“What causes fights and quarrels among you? Don’t they come from your desires that battle within you?” James 4:1
There’s one word that summarizes the hopes and dreams of most North Americans – More. Hardly anyone’s contented. Nearly everyone wants more. We live for more. We’re obsessed with more. We never seem to have enough, and what we do have soon becomes commonplace. So we live for stuff that’s bigger and better than before. For even though we know better, we’ve convinced ourselves that the grass is greener on the other side of the fence.
You know what I’m talking about. We’re consumers by nature, passionate in our pursuit of the latest luxury, a better house, a faster computer. Every instinct, every impulse cries out, MORE! GIVE ME MORE! In actuality, even when we have everything we need, the voice of consumerism keeps telling us we need more.

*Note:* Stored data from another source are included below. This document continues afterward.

//! The translation of asm.js to WebAssembly, as a function on modules; and what the check computes of it.
#![tactic(auto)]

pub mod worked;
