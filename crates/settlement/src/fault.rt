//! Why a sink's transactions are not settled.

use thiserror::Error;

/// Why a sink's transactions are not settled.
#[derive(Clone, Copy, Debug, PartialEq, Eq, Error)]
pub enum SettlementFault {
    /// A device failed.
    #[error("a device failed")]
    Fault,
    /// A transaction that is named may not be committed.
    #[error("a transaction that is named may not be committed")]
    NamesOther,
    /// Memory was refused.
    #[error("no memory")]
    Memory,
}
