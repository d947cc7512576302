//! A sink's transactions are settled when its job restarts. Proved: those that are named are
//! committed, the oldest first, every other of the sink that is neither committed nor aborted is
//! aborted, and a new one is open; at a name that may not be committed nothing more is done; what
//! a failure leaves is a beginning of this, and a device's failure is counted where it is told, and
//! only there.
#![tactic(auto)]

mod fault;
mod settle;

pub use fault::SettlementFault;
pub use settle::settle_sink;
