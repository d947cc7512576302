//! JSON values and the members of objects. Proved: the value that bytes spell, or that they spell
//! none; whether an object has no members but those named; and the text or the whole number that
//! stands under a name, or that none does.
//!
//! What is answered is the value or None, so that each reader of a format has faults of its own.
#![tactic(auto)]

mod json;
mod members;

pub use json::json_of;
pub use members::{has_only, text_at, whole_at};
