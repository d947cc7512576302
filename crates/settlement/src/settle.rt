//! A sink's transactions are settled.

ghost use Rattle.std.specs.Prelude.{◌≡◌, ◌≢◌, ◌<◌, Err};
ghost use Rattle.commit_sink.specs.Ledger.{unsettled_of};
ghost use Rattle.settlement.specs.declared.fault.SettlementFault.TheVariants as SettlementFault;
ghost use Rattle.settlement.specs.Ends as faults;
ghost use Rattle.settlement.specs.Ends.{EndsCommits, EndsAborts, EndsSettle};

use crate::fault::SettlementFault;
use commit_sink::{TransactionFault, Transactions};

/// Why they are not settled where one that is named was not committed.
fn commit_fault(fault: TransactionFault) -> SettlementFault
    ensures { result ≡ faults.commit_fault fault }
{
    match fault {
        TransactionFault::Fault => SettlementFault::Fault,
        _ => SettlementFault::NamesOther,
    }
}

/// Why they are not where another call was refused.
fn call_fault(fault: TransactionFault) -> SettlementFault
    ensures { result ≡ faults.call_fault fault }
{
    match fault {
        TransactionFault::Memory => SettlementFault::Memory,
        _ => SettlementFault::Fault,
    }
}

/// Commits the transactions that a sink names, the oldest first.
fn commit_named<X: Transactions>(names: &[u64], transactions: &mut X) -> Result<(), SettlementFault>
    ensures ends { EndsCommits (X.state transactions.old) (X.state transactions.new)
        names.now result }
    ensures same { (X.state transactions.new).subtasks ≡ (X.state transactions.old).subtasks }
    ensures counted { result ≡ Err SettlementFault.Fault
        → X.fault_count transactions.old < X.fault_count transactions.new }
    ensures told { result ≢ Err SettlementFault.Fault
        → X.fault_count transactions.new ≡ X.fault_count transactions.old }
{
    for name in names {
        if let Err(fault) = transactions.commit(*name) {
            return Err(commit_fault(fault));
        }
    }
    Ok(())
}

/// Aborts a sink's transactions that are neither committed nor aborted.
fn abort_all<X: Transactions>(
    subtask: u32,
    unsettled: &[(u64, Option<u64>)],
    transactions: &mut X,
) -> Result<(), SettlementFault>
    requires { unsettled.now ≡ unsettled_of (X.state transactions.old) subtask }
    ensures ends { EndsAborts (X.state transactions.old) (X.state transactions.new)
        unsettled.now result }
    ensures same { (X.state transactions.new).subtasks ≡ (X.state transactions.old).subtasks }
    ensures counted { result ≡ Err SettlementFault.Fault
        → X.fault_count transactions.old < X.fault_count transactions.new }
    ensures told { result ≢ Err SettlementFault.Fault
        → X.fault_count transactions.new ≡ X.fault_count transactions.old }
{
    for transaction in unsettled {
        if let Err(fault) = transactions.abort(transaction.0) {
            return Err(call_fault(fault));
        }
    }
    Ok(())
}

/// Settles a sink's transactions, of which these are named by its part of the checkpoint that the
/// job restarts from, and answers the one that is open then.
pub fn settle_sink<X: Transactions>(
    subtask: u32,
    names: &[u64],
    transactions: &mut X,
) -> Result<u64, SettlementFault>
    requires { subtask < (X.state transactions.old).subtasks }
    ensures ends { EndsSettle (X.state transactions.old) (X.state transactions.new)
        names.now subtask result }
    ensures same { (X.state transactions.new).subtasks ≡ (X.state transactions.old).subtasks }
    ensures counted { result ≡ Err SettlementFault.Fault
        → X.fault_count transactions.old < X.fault_count transactions.new }
    ensures told { result ≢ Err SettlementFault.Fault
        → X.fault_count transactions.new ≡ X.fault_count transactions.old }
{
    commit_named(names, transactions)?;
    let unsettled = match transactions.unsettled(subtask) {
        Ok(unsettled) => unsettled,
        Err(fault) => return Err(call_fault(fault)),
    };
    abort_all(subtask, &unsettled, transactions)?;
    match transactions.begin(subtask) {
        Ok(opened) => Ok(opened),
        Err(fault) => Err(call_fault(fault)),
    }
}
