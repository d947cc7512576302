//! The members of an object, by their types.

ghost use Rattle.std.specs.Prelude.{◌≡◌, map, option_map, string_bytes};
ghost use Rattle.std.specs.List.{list_any, list_all};
ghost use Rattle.std.specs.Str.{bytes_eq};
ghost use Rattle.std.specs.BTreeMap.{keys};
ghost use Rattle.json_members.specs.Members.{has_only, text_at, whole_at};
ghost use Rattle.serde_json.specs.View.{view};

use serde_json::{Map, Value};

fn is_one_of(name: &str, names: &[&str]) -> bool
    ensures { result ≡ list_any (λ n. bytes_eq name.now n.now) names.now }
{
    names.iter().any(|n| name == *n)
}

fn have_names(members: &Map<String, Value>, names: &[&str]) -> bool
    ensures { result ≡ list_all (λ k. list_any (λ n. bytes_eq (string_bytes k) n.now) names.now)
        (keys members.now) }
{
    members.keys().all(|name| is_one_of(name.as_str(), names))
}

/// Whether the value is an object whose members all have one of these names.
pub fn has_only(value: &Value, names: &[&str]) -> bool
    ensures { result ≡ has_only (map (λ n. n.now) names.now) (view value.now) }
{
    match value.as_object() {
        Some(members) => have_names(members, names),
        None => false,
    }
}

/// The text under this name.
pub fn text_at<'v>(value: &'v Value, name: &str) -> Option<&'v str>
    ensures { option_map (λ s. s.now) result ≡ text_at name.now (view value.now) }
{
    value.get(name)?.as_str()
}

/// The whole number of 64 bits under this name.
pub fn whole_at(value: &Value, name: &str) -> Option<i64>
    ensures { result ≡ whole_at name.now (view value.now) }
{
    value.get(name)?.as_i64()
}
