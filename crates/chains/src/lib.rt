// Chain questions.
#![tactic(auto)]

ghost use Rattle.std.specs.Prelude.{◌≡◌, List, ℕ, ◌≤◌, length};
ghost use Rattle.book.specs.Causes.{max_records, max_links};
ghost use Rattle.book.specs.Book.{Book};
ghost use Rattle.paths.specs.Expressions.{Expr};
ghost use Rattle.paths.specs.Chains.{asked};
ghost use Rattle.paths.specs.Verdicts.{InLimits};
ghost use Rattle.reader.specs.Code.{code};
ghost use Rattle.register.specs.Representation.{Represents};
ghost use Rattle.register.specs.Reads.{ReadOf};
ghost use Rattle.search.specs.Steps.{Untouched, Answered};
ghost use Rattle.chains.specs.Inner.{Searching};
ghost use Rattle.chains.specs.Replies.{Replies};

use reader::Answer;
use register::Register;
use search::{Ends, Found};

// The number of steps, which the list has; no chain of any length; or the number of a cause.
#[derive(Clone, Copy)]
pub enum ChainAnswer {
    Chain(usize),
    NoChain,
    Refused(u32),
}

// The search over the links for the expression whose code is given; from or to a withdrawn record there is nothing to be found.
fn sought(
    marks: &[u32],
    links: &[u32],
    numbers: &[u64],
    from: usize,
    to: usize,
    work: &mut [u64],
    list: &mut [u32],
) -> Found
    requires { Searching marks.now links.now numbers.now from to work.old }
    ensures { Untouched list.old list.new result
        × ((text : List ℕ) (e : Expr) → InLimits text e → numbers.now ≡ code e → (self : Register) (b : Book) → Represents self b
        → ReadOf self marks.now links.now
        → Answered (asked b) e from to list.old list.new result) }
{
    if marks[from] == register::WITHDRAWN_MARK {
        return Found::Nowhere;
    }
    if marks[to] == register::WITHDRAWN_MARK {
        return Found::Nowhere;
    }
    let tables = tables::tables_of(numbers, false);
    let follow = tables.follow;
    let predecessors = tables.pred;
    let enter = tables.enter;
    let ends = Ends {
        n: marks.len(),
        from,
        to,
        accepting: tables.accepting,
    };
    search::first_chain(links, &follow, &predecessors, &enter, ends, work, list)
}

// The first of the shortest chains from one record to another that spell a word of the expression, over the marks and links that are lent of a register.
pub fn chain_over(
    marks: &[u32],
    links: &[u32],
    from: u16,
    to: u16,
    text: &[u8],
    work: &mut [u64],
    list: &mut [u32],
) -> ChainAnswer
    requires { (length marks.now ≤ max_records) × (length links.now ≤ max_links) }
    ensures { (self : Register) → ReadOf self marks.now links.now
        → Replies self from to text.now (length work.old) list.old list.new result }
{
    let n = marks.len();
    let x = from as usize;
    let y = to as usize;
    if n <= x {
        return ChainAnswer::Refused(book::NO_RECORD);
    }
    if n <= y {
        return ChainAnswer::Refused(book::NO_RECORD);
    }
    let reading = reader::read(text);
    let code = reading.code;
    let answer = reading.answer;
    match answer {
        Answer::Refused(number) => ChainAnswer::Refused(number as u32),
        Answer::Accepted(k) => {
            if work.len() < n * 64 {
                return ChainAnswer::Refused(book::SHORT_WORK);
            }
            let found = sought(marks, links, &code[0..k], x, y, work, list);
            match found {
                Found::Steps(steps) => ChainAnswer::Chain(steps),
                Found::Nowhere => ChainAnswer::NoChain,
                Found::Short => ChainAnswer::Refused(book::SHORT_LIST),
            }
        }
    }
}

// The same of a register.
pub fn chain(
    register: Register,
    from: u16,
    to: u16,
    text: &[u8],
    work: &mut [u64],
    list: &mut [u32],
) -> ChainAnswer
    ensures { Replies register from to text.now (length work.old) list.old list.new result }
{
    let n = register.size();
    let marks = register.marks();
    let links = register.links();
    let words = links.words;
    let count = links.count;
    chain_over(&marks[0..n], &words[0..count], from, to, text, work, list)
}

But here’s the rub. Discontentment, this business of wanting more, is an obstacle to knowing Christ.
Now you might say that’s okay, but personally I think it’s better to know Christ than to be discontented. Which raises a question. If discontentment is an obstacle to knowing Christ then how does one deal with discontentment? The answer: Learning to be content whatever the circumstances (cf. Philippians 4:11).
When I say that the answer to discontentment is learning to be content whatever the circumstances I’m not saying we should never want something or shouldn’t enjoy a purchase here and there. I’m not promoting asceticism. The problem isn’t how much stuff a person may have. The problem is whether or not a person is controlled by the passion to consume. For contentment is being satisfied in something beyond the material. More specifically, it’s being satisfied in someone, in the Lord Jesus Christ. It’s seeing Christ, and Christ alone, as our sufficiency. And it’s the practical outworking of the reality that in having Him, we have it all.
God’s Word brings it into focus. “But godliness with contentment is great gain. For we brought nothing into the world, and we can take nothing out of it. But if we have food and clothing, we will be content with that. People who want to get rich fall into temptation and a trap and into many foolish and harmful desires that plunge men into ruin and destruction. For the love of money is a root of all kinds of evil. Some people, eager for money, have wandered from the faith and pierced themselves with many griefs … Command those who are rich in this present world not to be arrogant nor to put their hope in wealth, which is so uncertain, but to put their hope in God, who richly provides us with everything for our enjoyment” 1 Timothy 6:6-10,17.